_Supplied material_

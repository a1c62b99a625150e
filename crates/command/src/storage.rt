//! Files by name.
ghost use Rattle.std.specs.Prelude.{◌≡◌, ℕ, Bool, true, List, Some, None, IfOk, IfErr, IfSome};
ghost use Rattle.std.specs.Io.KnownBytes.{Keeps};
ghost use Rattle.std.specs.declared.option.Option.{Option};

use crate::file_intake::{FileIntake, regular_length};
use crate::identity::Identity;
use octets::{Intake, Outlet, ToWrite};
use std::alloc::Allocator;
use std::fs::OpenFile;
use std::io::{BufReader, ErrorKind};
use std::rt::Files;
use std::{fs, io};

// How many bytes a reading requests from the system at a time.
const AHEAD: usize = 65536;

/// A place for the files of the program.
pub trait Storage {
    ghost use Rattle.command.specs.declared.identity.Identity.{Identity};

    /// A file that is open for reading.
    type Input: Intake + Drop;

    /// A file that is open for writing.
    type Output: Outlet + Drop;

    // The bytes that a file gives in a reading, if they are known. The readings of a request are counted from 0, so that
    // a contract can speak of readings that differ.
    ghost contents: { Self → List ℕ → ℕ → Option (List ℕ) } = { λ _ _ _. None };

    // The bytes that the file at a path holds just after it was made, if they are known.
    ghost blank: { Self → List ℕ → Option (List ℕ) } = { λ _ _. None };

    // The identity of the file that a path leads to, if it is known. It is `None` if there is no file that can be compared.
    ghost leads_to: { Self → List ℕ → Option (Option Identity) } = { λ _ _. None };

    // Whether opening a file for a reading may fail.
    ghost open_may_fail: { Self → List ℕ → ℕ → Bool } = { λ _ _ _. true };

    // Whether making or syncing a file may fail.
    ghost make_may_fail: { Self → Bool } = { λ _. true };

    /// Opens a file for a reading, at its beginning.
    fn open(&self, path: &str, reading: u8) -> io::Result<Self::Input>
        ensures bytes { IfOk result (λ input.
            IfSome (contents self.now path.now reading)
            (λ bytes. Self.Input.left input ≡ Some bytes)) }
        ensures blame { IfErr result (λ _. open_may_fail self.now path.now reading ≡ true) };

    /// Returns the identity of the file that a path leads to, or `None` if there is no file that can be compared.
    fn identity(&self, path: &str) -> Option<Identity>
        ensures { IfSome (leads_to self.now path.now) (λ known. result ≡ known) };

    /// Creates a file, or truncates it.
    fn create(&self, path: &str) -> io::Result<Self::Output>
        ensures blank { IfOk result (λ output. Keeps (blank self.now path.now) (Self.Output.taken output)) }
        ensures blame { IfErr result (λ _. make_may_fail self.now ≡ true) };

    /// Waits until the bytes that were written have reached the device that stores them, if there is one.
    fn sync(&self, output: &Self::Output) -> io::Result<()>
        ensures blame { IfErr result (λ _. make_may_fail self.now ≡ true) };
}

/// The files that a runtime has access to. Each reading allocates a buffer. A reading of a regular file fails if the file
/// ends before the length that it had when it was opened.
#[derive(Drop)]
pub struct Disk<'a, R: Files, A: Allocator> {
    pub runtime: &'a R,
    pub alloc: A,
}

impl<R: Files, A: Allocator + Copy> Storage for Disk<'_, R, A> {
    type Input = FileIntake<BufReader<R::File, A>>;

    type Output = ToWrite<R::File>;

    fn open(&self, path: &str, _reading: u8) -> io::Result<FileIntake<BufReader<R::File, A>>> {
        let file = fs::open(self.runtime, path)?;
        let length = regular_length(&file);
        let reader = BufReader::with_capacity(self.alloc, AHEAD, file)?;
        Ok(FileIntake::new(reader, length))
    }

    // If the system doesn't say what a path leads to, there is no file yet, or opening it says why.
    fn identity(&self, path: &str) -> Option<Identity> {
        match fs::metadata(self.runtime, path) {
            Ok(about) => Identity::of(&about),
            Err(_) => None,
        }
    }

    fn create(&self, path: &str) -> io::Result<ToWrite<R::File>> {
        Ok(ToWrite::new(fs::create(self.runtime, path)?))
    }

    // An output that can't be synced, such as a pipe or a terminal, is not a fault.
    fn sync(&self, output: &ToWrite<R::File>) -> io::Result<()> {
        match output.get_ref().sync_all() {
            Err(error) if error.kind() == ErrorKind::InvalidInput => Ok(()),
            result => result,
        }
    }
}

_Brief_
Exactly as they appear, please write out the lines from the opening of the listing above down to the line containing "system at a time.", with both end lines included.

_The completed task_
repository a1c62b99a625150e
filename crates/command/src/storage.rt
//! Files by name.
ghost use Rattle.std.specs.Prelude.{◌≡◌, ℕ, Bool, true, List, Some, None, IfOk, IfErr, IfSome};
ghost use Rattle.std.specs.Io.KnownBytes.{Keeps};
ghost use Rattle.std.specs.declared.option.Option.{Option};

use crate::file_intake::{FileIntake, regular_length};
use crate::identity::Identity;
use octets::{Intake, Outlet, ToWrite};
use std::alloc::Allocator;
use std::fs::OpenFile;
use std::io::{BufReader, ErrorKind};
use std::rt::Files;
use std::{fs, io};

// How many bytes a reading requests from the system at a time.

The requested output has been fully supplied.